## What is expected
Reproduce exactly the lines below from the one containing "use lua_stack::Stack;" through the one containing "Some (Fresh body)", including both, and nothing else.

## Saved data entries
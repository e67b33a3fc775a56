// Coroutines that begin: the first frame of a Lua function is put on a stack of its own (lua_newthread and lua_resume of Lua 5.4's lstate.c and ldo.c).
ghost use Rattle.std.specs.Prelude.{◌≡◌, ◌∷◌, ◌≤◌, [], Some, length, map, slice_get, IfOk, OnErr};
ghost use Rattle.int_core.specs.Limits.{greatest_resumes};
ghost use Rattle.int_core.specs.Value.{a_coroutine, object};
ghost use Rattle.machine_core.specs.World.{Function};
ghost use Rattle.machine_core.specs.Moves.{new_frame};
ghost use Rattle.machine_core.specs.MachineStep.{resume_row};
ghost use Rattle.table_core.specs.declared.value.Value.TheVariants.{Func, Prim};
ghost use Rattle.lua_stack.specs.Frames.{frames};
ghost use Rattle.lua_heap.specs.declared.world.Coro.TheVariants.{Fresh};
ghost use Rattle.lua_heap.specs.Codes.{AreCodes};
ghost use Rattle.lua_heap.specs.Plain.{plain};
ghost use Rattle.lua_heap.specs.Reading.{value as meant};
ghost use Rattle.move_laws.specs.Memory.{HasStack, InOrder, IsSound, Leads, ReadsSame};
ghost use Rattle.machine_moves.specs.Ending.{ending_of};
ghost use Rattle.machine_calls.specs.Entering.{HasFunction};
ghost use Rattle.lib_coroutine.specs.Arguments.{FirstIs};

use crate::resuming::behind_first;
use crate::switching::run_fresh;
use lua_heap::World;
use lua_stack::Stack;
use machine_calls::shape_of;
use machine_moves::{Ending, take_moving};
use std::alloc::AllocError;
use table_core::{CoroId, FuncId, Value};

/// A coroutine begins: its body is called with the arguments, without a unit of the budget.
pub(crate) fn begin(world: &mut World, co: CoroId, body: Value) -> Result<Ending, AllocError>
    requires sound { IsSound world.old }
    requires running { HasStack world.old }
    requires first { FirstIs world.old (object a_coroutine co.0) }
    requires fresh { slice_get world.old.coros.objects co.0 ≡ Some (Fresh body) }
    requires few { length world.old.chain.items ≤ greatest_resumes }
    ensures leads { IfOk result (λ ending. Leads resume_row [] world.old world.new (ending_of ending)) }
    ensures order { InOrder world.new }
    ensures err { OnErr result (ReadsSame world.old world.new) }
{
    match body {
        Value::Func(id) => begin_function(world, co, id),
        Value::Prim(n) => begin_primitive(world, co, n),
        _ => unreachable!(),
    }
}

/// A coroutine begins whose body is a Lua function.
fn begin_function(world: &mut World, co: CoroId, function: FuncId) -> Result<Ending, AllocError>
    requires sound { IsSound world.old }
    requires running { HasStack world.old }
    requires first { FirstIs world.old (object a_coroutine co.0) }
    requires fresh { slice_get world.old.coros.objects co.0 ≡ Some (Fresh (Func function)) }
    requires function { HasFunction world.old function.0 }
    requires few { length world.old.chain.items ≤ greatest_resumes }
    ensures leads { IfOk result (λ ending. Leads resume_row [] world.old world.new (ending_of ending)) }
    ensures order { InOrder world.new }
    ensures err { OnErr result (ReadsSame world.old world.new) }
{
    let stack = first_stack(world, function, behind_first(&world.moving))?;
    world.chain.reserve(1)?;
    run_fresh(world, co, stack);
    take_moving(world);
    Ok(Ending::Go)
}

/// A coroutine begins whose body is a primitive, which is called next.
fn begin_primitive(world: &mut World, co: CoroId, primitive: u16) -> Result<Ending, AllocError>
    requires sound { IsSound world.old }
    requires running { HasStack world.old }
    requires first { FirstIs world.old (object a_coroutine co.0) }
    requires fresh { slice_get world.old.coros.objects co.0 ≡ Some (Fresh (Prim primitive)) }
    requires few { length world.old.chain.items ≤ greatest_resumes }
    ensures leads { IfOk result (λ ending. Leads resume_row [] world.old world.new (ending_of ending)) }
    ensures order { InOrder world.new }
    ensures err { OnErr result (ReadsSame world.old world.new) }
{
    let arguments = behind_first(&world.moving).to_vec(world.alloc)?;
    world.chain.reserve(1)?;
    run_fresh(world, co, Stack::new(world.alloc));
    world.moving = arguments;
    Ok(Ending::CallsPrimitive(primitive))
}

/// A stack with the frame of a function that is called with these arguments.
fn first_stack(world: &World, function: FuncId, arguments: &[Value]) -> Result<Stack, AllocError>
    requires codes { AreCodes world.now.strings world.now.codes }
    requires function { HasFunction world.now function.0 }
    ensures frames { IfOk result (λ stack. (f : Function) → slice_get (plain world.now 0).functions function.0 ≡ Some f → frames (meant world.now.strings) stack ≡ new_frame function.0 f.code (map (meant world.now.strings) arguments.now) ∷ []) }
    ensures closed { IfOk result (λ stack. stack.open_cells ≡ []) }
{
    let mut stack = Stack::new(world.alloc);
    stack.enter(function, shape_of(world, function), arguments)?;
    Ok(stack)
}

## Final answer
use lua_stack::Stack;
use machine_calls::shape_of;
use machine_moves::{Ending, take_moving};
use std::alloc::AllocError;
use table_core::{CoroId, FuncId, Value};

/// A coroutine begins: its body is called with the arguments, without a unit of the budget.
pub(crate) fn begin(world: &mut World, co: CoroId, body: Value) -> Result<Ending, AllocError>
    requires sound { IsSound world.old }
    requires running { HasStack world.old }
    requires first { FirstIs world.old (object a_coroutine co.0) }
    requires fresh { slice_get world.old.coros.objects co.0 ≡ Some (Fresh body) }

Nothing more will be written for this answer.